Information>

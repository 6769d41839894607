//! What depends on which slots hold one name, and not on the names.

ghost use Rattle.std.specs.Prelude.{◌≡◌, ◌<◌, ◌+◌, ◌*◌, ℕ, ℤ, List, length};
ghost use Rattle.kh_types.specs.Code.{Code};
ghost use Rattle.kh_types.specs.Darts.{arc_of, dart_at, partner_at, HasArcsTwice};
ghost use Rattle.kh_types.specs.Classes.{classes_of, class_count};
ghost use Rattle.kh_types.specs.Faces.{faces_of, face_count, pieces_of, planar_face_count};
ghost use Rattle.kh_types.specs.Checkerboard.{IsCheckerboard};
ghost use Rattle.kh_types.specs.Circles.{smoothings_of, circle_count};
ghost use Rattle.kh_types.specs.Directions.{plus_count};
ghost use Rattle.kh_types.specs.StateSum.{state_sum};
ghost use Rattle.code_passes.specs.Parts.{Parts, ArePaired};
ghost use Rattle.orient_arcs.specs.Renumbered.{renumber};
ghost use Rattle.orient_arcs.specs.Alike.{HasNamesBelow};
ghost use Rattle.gluing_laws.specs.Alike.{AreAlike};

/// An injective renaming leaves crossings alike, and so does renumbering.
pub fn renamed_crossings_are_alike()
    ensures back { (crossings others : List (List ℕ)) → AreAlike crossings others → AreAlike others crossings }
    ensures then { (crossings others third : List (List ℕ)) → AreAlike crossings others → AreAlike others third
        → AreAlike crossings third }
    ensures renamed { (f : ℕ → ℕ) (crossings others : List (List ℕ)) → length others ≡ length crossings
        → ((place : ℕ) → place < 4 * length crossings → arc_of others (dart_at place) ≡ f (arc_of crossings (dart_at place)))
        → ((place other : ℕ) → place < 4 * length crossings → other < 4 * length crossings
        → f (arc_of crossings (dart_at place)) ≡ f (arc_of crossings (dart_at other))
        → arc_of crossings (dart_at place) ≡ arc_of crossings (dart_at other))
        → AreAlike crossings others }
    ensures renumbered { (parts : Parts) → ArePaired parts → AreAlike parts.crossings (renumber parts).crossings }
{}

/// Crossings that are alike have the same faces and pieces, and a checkerboard choice for both or
/// none.
pub fn alike_crossings_have_the_same_faces()
    ensures partners { (crossings others : List (List ℕ)) → AreAlike crossings others → (place : ℕ) → place < 4 * length crossings
        → partner_at others place ≡ partner_at crossings place }
    ensures faces { (crossings others : List (List ℕ)) → AreAlike crossings others → faces_of others ≡ faces_of crossings }
    ensures pieces { (crossings others : List (List ℕ)) → AreAlike crossings others → pieces_of others ≡ pieces_of crossings }
    ensures planar { (crossings others : List (List ℕ)) → AreAlike crossings others
        → face_count crossings ≡ planar_face_count crossings → face_count others ≡ planar_face_count others }
    ensures checkerboard { (crossings others : List (List ℕ)) → AreAlike crossings others → HasArcsTwice crossings
        → HasArcsTwice others → IsCheckerboard crossings → IsCheckerboard others }
{}

/// They have as many circles in each state; so their state sums are one where they have as many
/// positive crossings and loops.
pub fn alike_codes_have_one_state_sum()
    ensures classes { (m n : ℕ) (crossings others : List (List ℕ)) → AreAlike crossings others → HasNamesBelow m crossings
        → HasNamesBelow n others → (state : ℕ)
        → class_count (classes_of n (smoothings_of others state)) + m
        ≡ class_count (classes_of m (smoothings_of crossings state)) + n }
    ensures circles { (old new : Code) → AreAlike old.crossings new.crossings → new.loops ≡ old.loops
        → HasArcsTwice old.crossings → HasArcsTwice new.crossings → (state : ℕ) → circle_count new state ≡ circle_count old state }
    ensures sums { (old new : Code) → AreAlike old.crossings new.crossings → new.loops ≡ old.loops
        → HasArcsTwice old.crossings → HasArcsTwice new.crossings → plus_count new.crossings ≡ plus_count old.crossings
        → (exponent : ℤ) → state_sum new exponent ≡ state_sum old exponent }
{}
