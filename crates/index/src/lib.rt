// The hashed index of names, and the one search that every look-up goes through: by the index where one of 2,048 entries is lent,
// else from the latest record back.
#![tactic(auto)]

ghost use Rattle.std.specs.Prelude.{◌≡◌, ◌+◌, ◌*◌, ◌/◌, ◌%◌, ◌≤◌, ◌<◌, length, set};
ghost use Rattle.laws.specs.Bytes.{part, same};
ghost use Rattle.index.specs.Index.{hash, searched, size, stops};
ghost use Rattle.index.specs.Searches.{Hashed, sought};
ghost use Rattle.scene.specs.Record.{name_in};

use table::{NAME, NAME_LENGTH, WIDTH};

// How many entries of an index are used.
pub const ENTRIES: usize = 2048;

// Where a search ends, the number found there, 0 for none, and how many entries were looked at. A search without an index ends
// behind the last entry.
#[derive(Clone, Copy)]
pub struct Found {
    pub entry: usize,
    pub number: usize,
    pub looked: u32,
}

// What four bytes add to a hash.
fn four(a: u8, b: u8, c: u8, d: u8) -> u32
    ensures { result ≡ 29791 * a + 961 * b + 31 * c + d }
{
    961 * (31 * (a as u32) + (b as u32)) + (31 * (c as u32) + (d as u32))
}

// A name's hash with eight bytes more, eight steps of the rule in one: p is what the first four add, q what the last four do.
fn with_eight(h: usize, p: u32, q: u32) -> usize
    requires { h < size }
    ensures { result ≡ (852891037441 * h + (923521 * p + q)) % 2048 }
{
    (852891037441 * h + (923521 * (p as usize) + (q as usize))) % ENTRIES
}

// The hash of so many times eight bytes of a name.
fn by_eights(word: &[u8], eights: usize) -> usize
    requires { eights * 8 ≤ length word.now }
    ensures { Hashed word.now result (eights * 8) }
{
    let mut h: usize = 0;
    for i in 0..eights {
        let at = i * 8;
        let p = four(word[at], word[at + 1], word[at + 2], word[at + 3]);
        let q = four(word[at + 4], word[at + 5], word[at + 6], word[at + 7]);
        h = with_eight(h, p, q);
    }
    h
}

// The hash of as many times four bytes as a name has.
fn by_fours(word: &[u8]) -> usize
    ensures { Hashed word.now result (length word.now / 4 * 4) }
{
    let eights = word.len() / 8;
    let h = by_eights(word, eights);
    let at = eights * 8;
    if word.len() - at < 4 {
        return h;
    }
    let p = four(word[at], word[at + 1], word[at + 2], word[at + 3]);
    (923521 * h + (p as usize)) % ENTRIES
}

// A name's hash.
fn hash(word: &[u8]) -> usize
    ensures { result ≡ hash word.now }
{
    let mut h = by_fours(word);
    for i in word.len() / 4 * 4..word.len() {
        h = (31 * h + word[i] as usize) % ENTRIES;
    }
    h
}

// Whether a word is what the text has of a part of it. Of a part that the text has whole, the length is compared first.
fn is_part(text: &[u8], place: u32, size: u32, word: &[u8]) -> bool
    ensures { result ≡ same word.now (part text.now place size) }
{
    let start = place as usize;
    let len = size as usize;
    let end = start + len;
    if text.len() < end {
        return lexer::same(word, lexer::part(text, start, len));
    }
    if len != word.len() {
        return false;
    }
    lexer::same(word, &text[start..end])
}

// Whether an entry that holds a number ends the search for a name.
fn stops(text: &[u8], records: &[u32], word: &[u8], number: usize) -> bool
    ensures { result ≡ stops (name_in text.now records.now) word.now number }
{
    if number == 0 {
        return true;
    }
    let row = number - 1;
    if records.len() / WIDTH <= row {
        return lexer::same(word, table::name_of(text, records, number));
    }
    let at = row * WIDTH;
    is_part(text, records[at + NAME], records[at + NAME_LENGTH], word)
}

// The search from a name's own entry on, going round.
#[tactic(auto, using(crate::proofs::SearchLaws::at_hit, crate::proofs::SearchLaws::at_last))]
fn probe(text: &[u8], records: &[u32], index: &[u32], word: &[u8]) -> Found
    requires { size ≤ length index.now }
    ensures { result ≡ searched index.now (name_in text.now records.now) word.now }
{
    let mut entry = hash(word);
    for passed in 0..2047u32 {
        let number = index[entry] as usize;
        if stops(text, records, word, number) {
            return Found {
                entry,
                number,
                looked: passed + 1,
            };
        }
        entry = (entry + 1) % ENTRIES;
    }
    Found {
        entry,
        number: index[entry] as usize,
        looked: 2048,
    }
}

// The search for a name among the first `count` records.
pub fn search(text: &[u8], records: &[u32], index: &[u32], count: usize, word: &[u8]) -> Found
    ensures { result ≡ sought text.now records.now index.now count word.now }
{
    if index.len() < ENTRIES {
        return Found {
            entry: index.len(),
            number: lookup::find(text, records, count, word),
            looked: 0,
        };
    }
    probe(text, records, index, word)
}

// Writes a number where a search ended; a search without an index ended behind the last entry.
// The bounds are tested by hand: what `get_mut` leaves of the index tells a proof its length only.
pub fn put(index: &mut [u32], entry: usize, number: u32)
    ensures { index.new ≡ set index.old entry number }
{
    if entry < index.len() {
        index[entry] = number;
    }
}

Exercise details> Working through the data above, find every line holding "table" and copy it.

Solved problem>
use table::{NAME, NAME_LENGTH, WIDTH};
        return lexer::same(word, table::name_of(text, records, number));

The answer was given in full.